→ PROBLEM
What you should write out is every line from the one containing "2, 1]), count)?;" to the end of the data, exactly and with nothing else.

'''

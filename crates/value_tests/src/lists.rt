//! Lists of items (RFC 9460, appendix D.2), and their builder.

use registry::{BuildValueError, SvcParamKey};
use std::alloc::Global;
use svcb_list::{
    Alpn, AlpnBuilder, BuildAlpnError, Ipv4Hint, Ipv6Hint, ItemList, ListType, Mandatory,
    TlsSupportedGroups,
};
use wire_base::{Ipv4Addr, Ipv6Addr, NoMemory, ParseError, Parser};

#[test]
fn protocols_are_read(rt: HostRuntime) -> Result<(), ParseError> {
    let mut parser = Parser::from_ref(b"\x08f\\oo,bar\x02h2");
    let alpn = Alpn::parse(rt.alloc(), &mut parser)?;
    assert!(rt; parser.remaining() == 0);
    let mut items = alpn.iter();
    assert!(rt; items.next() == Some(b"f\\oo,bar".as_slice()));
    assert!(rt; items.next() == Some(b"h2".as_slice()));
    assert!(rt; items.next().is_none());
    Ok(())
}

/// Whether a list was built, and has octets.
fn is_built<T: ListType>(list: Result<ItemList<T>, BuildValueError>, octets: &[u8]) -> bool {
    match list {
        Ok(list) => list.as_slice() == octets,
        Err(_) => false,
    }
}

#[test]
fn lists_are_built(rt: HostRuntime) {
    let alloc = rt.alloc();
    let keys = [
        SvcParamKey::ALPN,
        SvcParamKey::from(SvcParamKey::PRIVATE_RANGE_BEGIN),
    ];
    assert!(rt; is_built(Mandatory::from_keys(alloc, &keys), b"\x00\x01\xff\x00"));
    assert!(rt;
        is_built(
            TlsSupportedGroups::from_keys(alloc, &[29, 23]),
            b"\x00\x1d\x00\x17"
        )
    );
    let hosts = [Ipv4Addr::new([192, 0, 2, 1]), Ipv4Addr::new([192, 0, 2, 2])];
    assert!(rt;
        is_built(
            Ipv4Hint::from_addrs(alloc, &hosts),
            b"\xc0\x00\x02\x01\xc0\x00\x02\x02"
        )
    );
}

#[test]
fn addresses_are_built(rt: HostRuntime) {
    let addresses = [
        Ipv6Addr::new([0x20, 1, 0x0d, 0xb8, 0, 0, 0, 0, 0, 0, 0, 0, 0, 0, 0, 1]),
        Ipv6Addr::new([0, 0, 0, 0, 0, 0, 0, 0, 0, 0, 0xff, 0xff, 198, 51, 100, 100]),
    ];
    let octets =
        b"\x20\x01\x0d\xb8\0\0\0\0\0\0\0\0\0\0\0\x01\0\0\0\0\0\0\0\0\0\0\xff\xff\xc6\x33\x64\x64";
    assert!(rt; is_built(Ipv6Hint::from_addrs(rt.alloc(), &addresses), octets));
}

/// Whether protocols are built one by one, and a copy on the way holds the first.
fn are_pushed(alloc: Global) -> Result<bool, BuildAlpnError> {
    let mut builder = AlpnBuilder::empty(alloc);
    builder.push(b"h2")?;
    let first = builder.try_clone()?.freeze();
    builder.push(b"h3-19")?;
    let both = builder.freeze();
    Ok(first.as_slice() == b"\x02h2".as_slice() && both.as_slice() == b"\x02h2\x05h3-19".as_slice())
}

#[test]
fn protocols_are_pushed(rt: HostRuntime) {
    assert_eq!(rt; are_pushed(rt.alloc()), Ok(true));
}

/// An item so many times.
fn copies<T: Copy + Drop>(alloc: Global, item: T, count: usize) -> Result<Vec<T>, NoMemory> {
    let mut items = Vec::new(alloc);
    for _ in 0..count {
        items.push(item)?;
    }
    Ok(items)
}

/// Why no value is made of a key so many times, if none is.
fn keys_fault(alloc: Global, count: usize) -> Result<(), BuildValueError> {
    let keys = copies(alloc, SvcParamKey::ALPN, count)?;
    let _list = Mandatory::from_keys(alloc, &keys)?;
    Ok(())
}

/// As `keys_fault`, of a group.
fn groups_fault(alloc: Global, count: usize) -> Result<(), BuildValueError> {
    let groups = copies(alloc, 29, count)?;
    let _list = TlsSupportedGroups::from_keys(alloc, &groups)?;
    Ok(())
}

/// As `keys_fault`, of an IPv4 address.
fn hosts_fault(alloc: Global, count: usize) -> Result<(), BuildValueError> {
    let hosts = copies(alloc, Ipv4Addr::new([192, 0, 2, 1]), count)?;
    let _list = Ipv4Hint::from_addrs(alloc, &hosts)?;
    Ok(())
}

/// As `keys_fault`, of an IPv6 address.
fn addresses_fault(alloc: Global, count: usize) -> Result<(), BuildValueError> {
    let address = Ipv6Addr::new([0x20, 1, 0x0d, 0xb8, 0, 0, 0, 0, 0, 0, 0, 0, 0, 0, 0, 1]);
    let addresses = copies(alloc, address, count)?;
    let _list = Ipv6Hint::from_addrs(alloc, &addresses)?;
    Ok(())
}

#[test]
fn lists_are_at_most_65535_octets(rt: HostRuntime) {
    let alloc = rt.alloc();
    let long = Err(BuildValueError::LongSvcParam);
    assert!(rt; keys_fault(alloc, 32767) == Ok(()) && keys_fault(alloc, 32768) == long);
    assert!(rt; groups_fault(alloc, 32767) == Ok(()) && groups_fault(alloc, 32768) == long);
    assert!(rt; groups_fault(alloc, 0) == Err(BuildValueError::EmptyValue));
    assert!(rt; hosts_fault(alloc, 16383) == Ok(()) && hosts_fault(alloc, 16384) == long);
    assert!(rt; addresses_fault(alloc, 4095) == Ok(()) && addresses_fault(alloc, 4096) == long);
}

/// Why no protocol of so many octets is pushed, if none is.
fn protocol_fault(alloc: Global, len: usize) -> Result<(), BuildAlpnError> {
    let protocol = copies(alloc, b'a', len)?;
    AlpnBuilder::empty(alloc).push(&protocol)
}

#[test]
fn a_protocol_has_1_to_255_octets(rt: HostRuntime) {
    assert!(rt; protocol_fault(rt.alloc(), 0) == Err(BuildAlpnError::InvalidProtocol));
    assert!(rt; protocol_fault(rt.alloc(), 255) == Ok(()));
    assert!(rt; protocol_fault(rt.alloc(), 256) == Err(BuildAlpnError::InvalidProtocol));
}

'''

→ OUTPUT OF THE EXERCISE
    let hosts = copies(alloc, Ipv4Addr::new([192, 0, 2, 1]), count)?;
    let _list = Ipv4Hint::from_addrs(alloc, &hosts)?;
    Ok(())
}

/// As `keys_fault`, of an IPv6 address.
fn addresses_fault(alloc: Global, count: usize) -> Result<(), BuildValueError> {
    let address = Ipv6Addr::new([0x20, 1, 0x0d, 0xb8, 0, 0, 0, 0, 0, 0, 0, 0, 0, 0, 0, 1]);
    let addresses = copies(alloc, address, count)?;
    let _list = Ipv6Hint::from_addrs(alloc, &addresses)?;
    Ok(())
}

#[test]
fn lists_are_at_most_65535_octets(rt: HostRuntime) {
    let alloc = rt.alloc();
    let long = Err(BuildValueError::LongSvcParam);
    assert!(rt; keys_fault(alloc, 32767) == Ok(()) && keys_fault(alloc, 32768) == long);
    assert!(rt; groups_fault(alloc, 32767) == Ok(()) && groups_fault(alloc, 32768) == long);
    assert!(rt; groups_fault(alloc, 0) == Err(BuildValueError::EmptyValue));
    assert!(rt; hosts_fault(alloc, 16383) == Ok(()) && hosts_fault(alloc, 16384) == long);
    assert!(rt; addresses_fault(alloc, 4095) == Ok(()) && addresses_fault(alloc, 4096) == long);
}

/// Why no protocol of so many octets is pushed, if none is.
fn protocol_fault(alloc: Global, len: usize) -> Result<(), BuildAlpnError> {
    let protocol = copies(alloc, b'a', len)?;
    AlpnBuilder::empty(alloc).push(&protocol)
}

#[test]
fn a_protocol_has_1_to_255_octets(rt: HostRuntime) {
    assert!(rt; protocol_fault(rt.alloc(), 0) == Err(BuildAlpnError::InvalidProtocol));
    assert!(rt; protocol_fault(rt.alloc(), 255) == Ok(()));
    assert!(rt; protocol_fault(rt.alloc(), 256) == Err(BuildAlpnError::InvalidProtocol));
}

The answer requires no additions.